Eccentricity, trouble w/ the proof

I'm trying to understand the proof for eccentricity; I can get about halfway through it. The problem I'm having is summarized below

If e<1, you get the equation of an ellipse of the form

$\displaystyle \frac{(x-h)^2}{a^2}+\frac{y^2}{b^2}=1$

where

Eq. 4:

$\displaystyle h= -\frac{e^2d}{1-e^2}$

$\displaystyle a^2= -\frac{e^2d^2}{(1-e^2)^2}$

$\displaystyle b^2= -\frac{e^2d^2}{1-e^2}$

The foci of an ellipse are at a distance c from the center, where

Eq 5:

$\displaystyle c^2=a^2-b^2=$$\displaystyle \frac{e^4d^2}{(1-e^2)^2}$

This shows that

$\displaystyle c= \frac{e^2d}{1-e^2}=-h$

It follows from equations 4 and 5 that the eccentricity is given by

$\displaystyle e=\frac{c}{a}$

If someone could help explain how $\displaystyle e=\frac{c}{a}$ is derived, or really what it means I'd be so grateful. I'm using Calculus Early Transcendentals 6th Ed. by Stewart (Ch. 10, Sect. 6).

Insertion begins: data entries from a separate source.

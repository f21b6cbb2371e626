//! Guests of eight cells that reach for what is not theirs, each beside a neighbour that must not notice.
//!
//! Each of two guests is told as a bare machine is, whichever monitor they have. Nothing is poked but the monitor's word and their
//! cells, that word stays, and no cell behind theirs is set.

use crate::setting::Setting;
use crate::texts::{LOOP, M0, TO_USER_MODE};
use pg_tool::Status;
use std::alloc::{AllocError, Global};
use std::test::Fail;

/// Where a window of a guest of 8 cells may begin, and how long it may be: none, one, all but one, all, one past it, and far past.
const EDGES: [&str; 6] = ["00", "01", "07", "08", "09", "ff"];

/// Images that reach for what is not theirs in supervisor mode.
const HOSTILE: [&str; 12] = [
    // It makes of its next instruction one that loads a register past its grant.
    "1: 00020008 01030405 02000002 04000000 0000ffff\n",
    // It makes a jump of its next word, which is no instruction; and no instruction of its own word.
    "2: 01030404 00000000 01000001\n",
    "2: 01020707 02000002\n",
    // It traps for ever: where its traps lead stands no instruction, or one that traps, in either mode.
    "1: 00010008\n",
    "1: 00020008 03000000\n",
    "1: 01020008 03000000\n",
    // Under a bound past its grant it stores right behind the grant, and at the last address.
    "1: 00020010 040000ff 01080203\n",
    "1: 000200ff 01ff0203\n",
    // In a window that the grant cuts off it stores in the last cell, and then behind it.
    "1: 00020008 040003ff\n6: 01040000 01050000\n",
    // It loads from its neighbour's cells.
    "1: 00020010 040000ff 0107090a\n",
    // It stores over the cells of its traps, and jumps there.
    "2: 01000505 02000000\n5: 01000001\n",
    // It loads a register past its grant, and then stores behind the grant in user mode.
    "1: 01030010 0400ffff 01080203\n",
];

/// Images that go to user mode.
const IN_USER_MODE: [&str; 6] = [
    // Under a bound past its grant it stores right behind the grant, and at the last address.
    "1: 00020008 040000ff 05000004 01080203\n",
    "1: 00020008 040000ff 05000004 01ff0203\n",
    // It loads from its neighbour's cells.
    "1: 00020008 040000ff 05000004 0107090a\n",
    // It stores over the cells of its traps, and traps.
    "2: 05000003 01000506 01010506 03000000 00000003\n",
    // It makes of its next instruction one that loads a register past its grant.
    "1: 00020008 05000003 01040506 00000000 02000000 020000ff\n",
    // It goes on behind its grant.
    "1: 00020008 040000ff 05000008\n",
];

/// The two guests and the steps of each, as words of a line, and the machine with its certificate.
#[derive(Clone, Copy)]
struct Side<'a> {
    command: &'a str,
    desc: &'a str,
    cert: &'a [u8],
}

/// A setting of a machine and two images.
fn setting<'a>(
    alloc: Global,
    side: Side<'a>,
    first: &'a str,
    second: &'a str,
) -> Result<Setting, AllocError> {
    let files = [("d", side.desc), ("i", first), ("j", second)];
    Setting::new(alloc, &files, side.cert, &[])
}

/// What is told of both guests, as of two bare machines.
fn told_alone(alloc: Global, at: &mut Setting) -> Result<String, AllocError> {
    at.run("bare d i --grant 8 --steps 20", &[])?;
    let one = format!(in alloc; "guest 0\n{}", at.text())?;
    at.run("bare d j --grant 8 --steps 20", &[])?;
    format!(in alloc; "{one}guest 1\n{}", at.text())
}

/// Two guests, step by step side by side, keep to their grants.
fn keep<'a>(alloc: Global, side: Side<'a>, first: &'a str, second: &'a str) -> Result<(), Fail> {
    let mut at = setting(alloc, side, first, second)?;
    let told = told_alone(alloc, &mut at)?;
    at.run(side.command, &[])?;
    let text = format!(in alloc; "{told}steps 40 direct {}\n", at.direct())?;
    let poked = at.poked(18)?;
    if at.is(Status::Done, &text) && poked.as_str() == "1 to 17, 00020040, 0" {
        return Ok(());
    }
    Err(Fail::new(format_args!("{} {first:?} {second:?}: {poked}", side.command)))
}

/// Each image keeps to its grant before and behind a guest that loops.
fn all_keep(alloc: Global, side: Side<'_>, images: &[&str]) -> Result<(), Fail> {
    for image in images {
        keep(alloc, side, image, LOOP)?;
        keep(alloc, side, LOOP, image)?;
    }
    Ok(())
}

/// A guest keeps to its grant wherever its window begins and however long it is, with these words behind the first two.
fn windows_keep(alloc: Global, side: Side<'_>, words: &str) -> Result<(), Fail> {
    for l in EDGES {
        for b in EDGES {
            let image = format!(in alloc; "1: 00020008 0400{l}{b}{words}\n")?;
            keep(alloc, side, &image, LOOP)?;
        }
    }
    Ok(())
}

/// A machine's certificate.
fn certified(alloc: Global, line: &str, desc: &str) -> Result<Setting, AllocError> {
    let mut at = Setting::new(alloc, &[("d", desc)], &[], &[])?;
    at.run(line, &[])?;
    Ok(at)
}

#[test]
fn guests_of_a_monitor_keep_to_their_grants(rt: HostRuntime) -> Result<(), Fail> {
    let checked = certified(rt.alloc(), "check d --cert c", M0)?;
    let side = Side {
        command: "run d c i j --grant 8 --steps 20 --slice 1",
        desc: M0,
        cert: checked.held(),
    };
    all_keep(rt.alloc(), side, &HOSTILE)?;
    windows_keep(rt.alloc(), side, "")
}

#[test]
fn guests_of_a_hybrid_monitor_keep_to_their_grants(rt: HostRuntime) -> Result<(), Fail> {
    let more = format!(in rt.alloc(); "{M0}{TO_USER_MODE}")?;
    let checked = certified(rt.alloc(), "hcheck d --cert c", &more)?;
    let side = Side {
        command: "hybrid d c i j --grant 8 --steps 20 --slice 1",
        desc: &more,
        cert: checked.held(),
    };
    all_keep(rt.alloc(), side, &HOSTILE)?;
    all_keep(rt.alloc(), side, &IN_USER_MODE)?;
    // Wherever the window begins, its cell 3 has the jump to user mode, if it has one.
    windows_keep(
        rt.alloc(),
        side,
        " 05000004 05000004 05000004 05000004 05000004",
    )
}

Re: Eccentricity, trouble w/ the proof

The conclusion is that the eccentricity of an ellips is: $\displaystyle e=\frac{c}{a}$, now:

If you write: $\displaystyle e^2=\frac{c^2}{a^2}$

Calculating with this:

$\displaystyle \frac{c^2}{a^2}=\frac{a^2-b^2}{a^2}=1-\frac{b^2}{a^2}$

Substitution of $\displaystyle b^2$ and $\displaystyle a^2$ out of eq 4 and you get:

$\displaystyle 1-\frac{b^2}{a^2}=1-\left[\frac{\frac{-e^2d^2}{1-e^2}}{\frac{-e^2d^2}{(1-e^2)^2}}}\right]$

$\displaystyle =1-(1-e^2)=e^2$

Now take the square root of $\displaystyle e^2=e$.